# Show off your Nitecores!



## magellan (Nov 14, 2015)

I didn't see a thread for this so thought I'd start one. Here's my lineup of Nitecores (the Niteye Eye40vn was in the same box by mistake so I threw it in just for variety). Missing is my EA4 4xAA light which will turn up eventually.
.



.



.
Back row, left to right:

EAX Hammer 8xAA
Niteye Eye40 4x18650
TM11 Tiny Monster 4x18650
TM06 Tiny Monster 4x18650

Front row, left to right:

EZ 1xCR2
2 Sens Mini's 1xCR2
EC1 1xCR123A
Smart PD EX11 1xAA piston drive 
SRT3 Defender 1x18650
SRT7 Revenger 1x18650
.


----------



## Hiro Protagonist (Nov 14, 2015)

Nice thread!


----------



## HB 88 (Nov 14, 2015)

Warm XP-G2 and Imedion AA


----------



## magellan (Nov 14, 2015)

Cool photos and lights, especially the piston drive/trits arrangement. Very nice.

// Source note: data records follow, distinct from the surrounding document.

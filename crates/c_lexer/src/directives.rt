ghost use Rattle.std.specs.Prelude.{◌≡◌, ◌≤◌, length, drop};
ghost use Rattle.c_lexer.specs.Bytes.{starts_line};
ghost use Rattle.c_lexer.specs.Units.{is_include, names_header, ends_line, ends_in_comment, is_return, past_gaps};

use crate::characters::{is_blank, is_gap};
use crate::comments::closes_comment;
use crate::tables::names_some_header;

/// Whether only blanks are on its line before the place.
pub fn starts_line(text: &[u8], at: usize) -> bool
    requires { at ≤ length text.now }
    ensures { result ≡ starts_line text.now at }
{
    let mut before = at;
    while before > 0 {
        let byte = text[before - 1];
        if byte == b'\n' {
            return true;
        }
        if !is_blank(byte) {
            return false;
        }
        before -= 1;
    }
    true
}

/// Whether the line includes a header of the language.
#[tactic(auto, unfolding(crate::specs::Units::is_include))]
pub fn is_include(line: &[u8]) -> bool
    ensures { result ≡ is_include line.now }
{
    if !line.starts_with(b"#include") {
        return false;
    }
    let (_, rest) = line.split_at(8);
    names_some_header(past_gaps(rest))
}

/// Whether the text is the header and the end of its line.
#[tactic(auto, unfolding(crate::specs::Units::names_header))]
pub fn names_header(text: &[u8], header: &[u8]) -> bool
    ensures { result ≡ names_header text.now header.now }
{
    if !text.starts_with(header) {
        return false;
    }
    let (_, rest) = text.split_at(header.len());
    ends_line(past_gaps(rest))
}

/// The bytes without the spaces and tabs in front.
fn past_gaps(bytes: &[u8]) -> &[u8]
    ensures { result.now ≡ past_gaps bytes.now }
{
    let mut rest = bytes;
    while !rest.is_empty() && is_gap(rest[0]) {
        rest = rest.split_at(1).1;
    }
    rest
}

/// Whether nothing but a comment and a carriage return is at the end of a line.
#[tactic(auto, unfolding(crate::specs::Units::ends_line))]
fn ends_line(rest: &[u8]) -> bool
    ensures { result ≡ ends_line rest.now }
{
    if is_return(rest) || rest.starts_with(b"//") {
        return true;
    }
    if !rest.starts_with(b"/*") {
        return false;
    }
    ends_in_comment(rest.split_at(2).1)
}

/// Whether a comment, of which the bytes are the rest, and a carriage return end the line.
fn ends_in_comment(bytes: &[u8]) -> bool
    ensures { result ≡ ends_in_comment bytes.now }
{
    let mut rest = bytes;
    while !rest.is_empty() {
        if closes_comment(rest) {
            return is_return(past_gaps(rest.split_at(2).1));
        }
        rest = rest.split_at(1).1;
    }
    false
}

/// Whether the bytes are nothing, or a carriage return.
fn is_return(rest: &[u8]) -> bool
    ensures { result ≡ is_return rest.now }
{
    rest.is_empty() || (rest.len() == 1 && rest[0] == b'\r')
}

What's the shiny one in the middle? I'm not familiar with that one. Is it a titanium or stainless? Either way it's nice.


----------



## luxlunatic (Nov 14, 2015)

magellan said:


> What's the shiny one in the middle? I'm not familiar with that one. Is it a titanium or stainless? Either way it's nice.



Yes, very nice indeed.
That would be a JHanko Titanium D10 with his signature "3D" tail using Nitecore guts.
Magnificent piece, he is one of the best machinists out there. Been wanting one of those for some time now.

I only have 2 Nitecores.
One of the TM's and a recently scored D10 anodized by Swissbianco.
I'll post some pics when I get a chance.


----------



## magellan (Nov 14, 2015)

Great, looking forward to it.

A Jeff Hanko? Wow, can't get much better than that.


----------



## HB 88 (Nov 21, 2015)

I told the missus nothing excessive . Really taken by the Smart PD design, and it was fun resurrecting many of these. Total cost of all these, including repair parts is easily under $250.00 USD.


----------



## 5S8Zh5 (Nov 21, 2015)

TubeVN, EDC.


----------



## Str8stroke (Nov 21, 2015)

HB 88, what kinda repairs were needed to get them where you wanted.


----------



## HB 88 (Nov 21, 2015)

Str8stroke said:


> HB 88, what kinda repairs were needed to get them where you wanted.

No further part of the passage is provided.